Automatic assault weapons,
another significant health hazard, have been banned for a decade,
but the ban expired on September 13, 2004. Although David Letterman
looks forward to duck-hunting with an AK-47, it is discomfiting
to allow the ban to expire in the midst of homeland security concerns.
President Bush said that he would 'support' extension of the ban,
but that was 4 years ago during his first Presidential campaign.
His support was inaudible to his party's majority in Congress before
and after the ban expired.
The
current Administration has made the wrong choices for controlling
healthcare costs, expanding access, enhancing quality, and ensuring
higher patient safety standards. Most recently, President Bush used his first veto to cripple federal support of stem cell research favored by 83% of physicians.
Our
perspective is shaped through the prism of decades of consulting
to almost 1400 healthcare provider and purchaser clients, studying
the politics of healthcare for several decades, and discussing various
solutions with thousands of healthcare consumers, providers, and
purchasers. There are far too many variables and ambiguities in
each plan. There are too many unknown levels of interest and participation
in the plans by employers, insurance carriers, and consumers. Obviously,
the cost estimates for the Iraq invasion and reconstruction were
consistently inaccurate. The proposed healthcare plans and compelling
need for universal coverage are even less subject to accurate cost
assessments. Neither Presidential candidate in 2004 proposed an
effective solution to the healthcare cost, access, quality and safety
crises evident in America's healthcare non-system.
The
Bush-Cheney healthcare plan omits any reference to a Patients' Bill
of Rights. One of the most stunning and revealing differences
between the Presidential candidates in 2004 was evident when the Bush-Cheney
administration supported HMOs in their case before the U.S. Supreme Court to prevent patients from suing
them when they wrongfully deny patients necessary medical care recommended
by their physicians. Yet on July 31, 2004, President Bush told
voters at a campaign stop in Canton, Ohio "... we will make
sure the health decisions are made by doctors and patients ..."

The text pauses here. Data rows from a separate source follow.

/// The disk failed in a call: its count of faults before the call and after it.
#[derive(Clone, Copy)]
pub struct Fault {
    pub before: u64,
    pub after: u64,
}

From his days as Governor of Texas, President Bush has done a flip-flop-flip
in one of the most interesting episodes of his political career. As Governor, he initially stood with HMOs, then tacitly assented
to patients' right to sue HMOs, and most recently before the U.S.
Supreme Court, in support of HMOs in denying patients the right
to sue them for withholding necessary care. At best, his verbal
assurances to voters and behavior at different times on this issue
are contradictory. It may be coincidental, but unsurprising that President Bush's appointee to the U.S. Supreme Court, John Roberts, represented the interests of the HMO in Rush Prudential HMO v. Debra Moran, et al. when he was a practicing attorney and before his nomination by Bush to the U.S. Court of Appeals for District of Columbia Circuit.
On August 18, 2004, The
State of Illinois became the first among several states to
exercise leadership in the public interest and aggressively plan
to facilitate drug importation for consumers in defiance of the Bush
Administration.
In
the 3rd Presidential Debate, October 13, 2004, President Bush stated
that the U.S. may import flu vaccine from Canada. He didn't appear
to have anxiety about the safety of the vaccine, the shortage of
which came to light within a week of the debate. The President asked
healthy Americans to forego flu shots, but former Senate Majority Leader
Frist was dispensing flu vaccine two days later to his Congressional
colleagues.
Quality
healthcare should focus on optimum medical outcomes. Staff may
be pleasant, wait times may be minimal, but the
medical outcome is the most important indicator of quality healthcare.
Medical outcomes for the same diagnoses and procedures
vary from hospital to hospital. We can access tire safety ratings, but
cannot easily access hospital medical outcomes data for specific
diagnoses and treatment modalities in easily understandable formats.
Nevertheless, it is possible to secure reliable information about
healthcare providers, diagnoses, and treatment options (See
Consumer Empowerment).
Other
than utilizing technology to enhance healthcare quality
and patient safety, neither Bush-Cheney nor Kerry-Edwards'
plans addressed the human factor. No technology in the world will
prevent medical errors if anesthesiologists drift between two or
more surgical patients simultaneously to maximize their earnings.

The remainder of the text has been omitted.